SANTA FE, N.M. - Oil and gas production may be New Mexico's biggest economic driver, but supporters of legislation at the Roundhouse say the companies need to be held accountable when they create spills or discharge excessive methane.

Fines for such violations have not been comprehensively enforced since the state Supreme Court ruled that the Oil Conservation Division doesn't have the authority.

Beyond the environmental impact, said Senate Bill 186 co-sponsor Rep. Matthew McQueen, D-Santa Fe, it's an issue of fairness.

"What this does is, it levels the playing field, because we probably have some operators who are good operators and are following the law, and maybe we have some who are cutting corners," he said. "And if they're getting a competitive advantage by cutting corners, that's not really fair. I mean, that shouldn't be happening."
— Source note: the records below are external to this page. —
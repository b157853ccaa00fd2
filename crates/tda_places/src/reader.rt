// Reads measurements.
ghost use Rattle.std.specs.Prelude.{◌≡◌, ◌≤◌, ◌^◌, length, IfOk};
ghost use Rattle.tda_io.specs.Due.{Gives};
ghost use Rattle.tda_io.specs.RowReading.{rest_due};
ghost use Rattle.tda_places.specs.Measurements as spec;
ghost use Rattle.tda_places.specs.Measurements.{format, AreMeasurementsOf};

use crate::judge::judge;
use crate::place::count;
use crate::{MeaFault, Measurements};
use std::alloc::Global;
use tda_io::RowReader;
use tda_schema::Schema;
use tda_spine::Spine;

// The measurements of the rows after the header, of a text of so many bytes.
fn measurements_of(
    alloc: Global,
    schema: &Schema,
    spine: &Spine,
    size: usize,
    rows: &mut RowReader,
) -> Result<Measurements, MeaFault>
    requires belong { spine.now.depth ≡ length schema.now.levels }
    requires number { rows.old.number ≡ 1 }
    requires width { rows.old.width ≡ 4 }
    ensures given { Gives MeaFault.NoMemory (λ m. m) result (rest_due (format schema.now spine.now) rows.old) }
    ensures measured { IfOk result (AreMeasurementsOf schema.now spine.now) }
{
    let count = count(schema, spine);
    // A row without a fault has at least 8 bytes: four fields, each with what ends it. The last one may lack its end.
    let room = count.min(size as u64 / 8);
    let mut numbers = Vec::with_capacity(alloc, room as usize)?;
    let mut last = None;
    while rows.next_row()? {
        match judge(schema, spine, numbers.len() as u64, count, last, rows) {
            Ok(measured) => {
                numbers.push(measured.value)?;
                last = Some(measured.spot);
            }
            Err(fault) => {
                // A later row of another width comes first.
                rows.finish()?;
                return Err(fault);
            }
        }
    }
    if (numbers.len() as u64) < count {
        return Err(MeaFault::Missing);
    }
    Ok(Measurements::from_list(schema, spine, numbers))
}

/// The measurements of a text of at most 2^30 bytes, with the header `unit,query,class,value` and a row for each place, in
/// the order of the places: the unit's code, the query's name, the class's number and the measurement, a canonical
/// decimal within 2^31 of 0. One pass is made over the text, and nothing of it is kept but the measurements.
///
/// Rows are numbered from 1, the header being row 1. The first of these is answered. `BadRow` names the first row whose
/// width isn't that of row 1. `BadHeader(1)`: row 1 is another header, or there is no row. The first row that has a fault
/// is named with the first that it has: `WrongPlace` where the row has a place and its first three fields are not those of
/// the place, `BadNumber` where its last field is no such number, `TooMany` where it comes after the last place. Then the
/// file is judged as a whole: `Missing` where there are fewer rows than places. `NoMemory` where memory ran out.
pub fn read_measurements(
    alloc: Global,
    schema: &Schema,
    spine: &Spine,
    bytes: &[u8],
) -> Result<Measurements, MeaFault>
    requires belong { spine.now.depth ≡ length schema.now.levels }
    requires limit { length bytes.now ≤ 2 ^ 30 }
    ensures given { Gives MeaFault.NoMemory (λ m. m) result (spec.read schema.now spine.now bytes.now) }
    ensures measured { IfOk result (AreMeasurementsOf schema.now spine.now) }
{
    let mut rows = RowReader::new(alloc, bytes);
    if !rows.next_row()? || !rows.has_fields(&["unit", "query", "class", "value"]) {
        rows.finish()?;
        return Err(MeaFault::BadHeader(1));
    }
    measurements_of(alloc, schema, spine, bytes.len(), &mut rows)
}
Opponents of the bill have warned that oil and gas production and jobs need equal consideration to any money that might be collected from fines.

A report by the Earthworks Oil and Gas Accountability Project showed that oil and gas infractions are up 100 percent since 2008. At the same time, no money was collected in fines in New Mexico last year.

Earthworks found the leading cause of spills was from equipment failure, from split hoses to broken pumps that can release polluted water. Bill Midcap, director of renewable energy for the Rocky Mountain Farmers Union, said the lack of enforcement negatively affects communities and the environment.

"There's never been proper oversight of the oil and gas industry in New Mexico," he said, "so I think a lot of the folks that are farming and ranching in New Mexico are looking forward to further regulations, including stiffer penalties for those that do not clean up their mistakes."

James Therrien is the pastor of a ministry near Chaco Canyon, where most of the federal land has been leased for oil and gas development.

"The oil companies seem to do whatever they want to do, because they're not from here. If they were from this area, they would probably have a little more respect for the people and for the land," he said. "I think that this would be the beginning of some accountability and maybe put some of the companies back in line where they need to be."

The proposed legislation would increase fines to up to $15,000 a day for each violation.

The text of SB 186 is online at nmlegis.gov.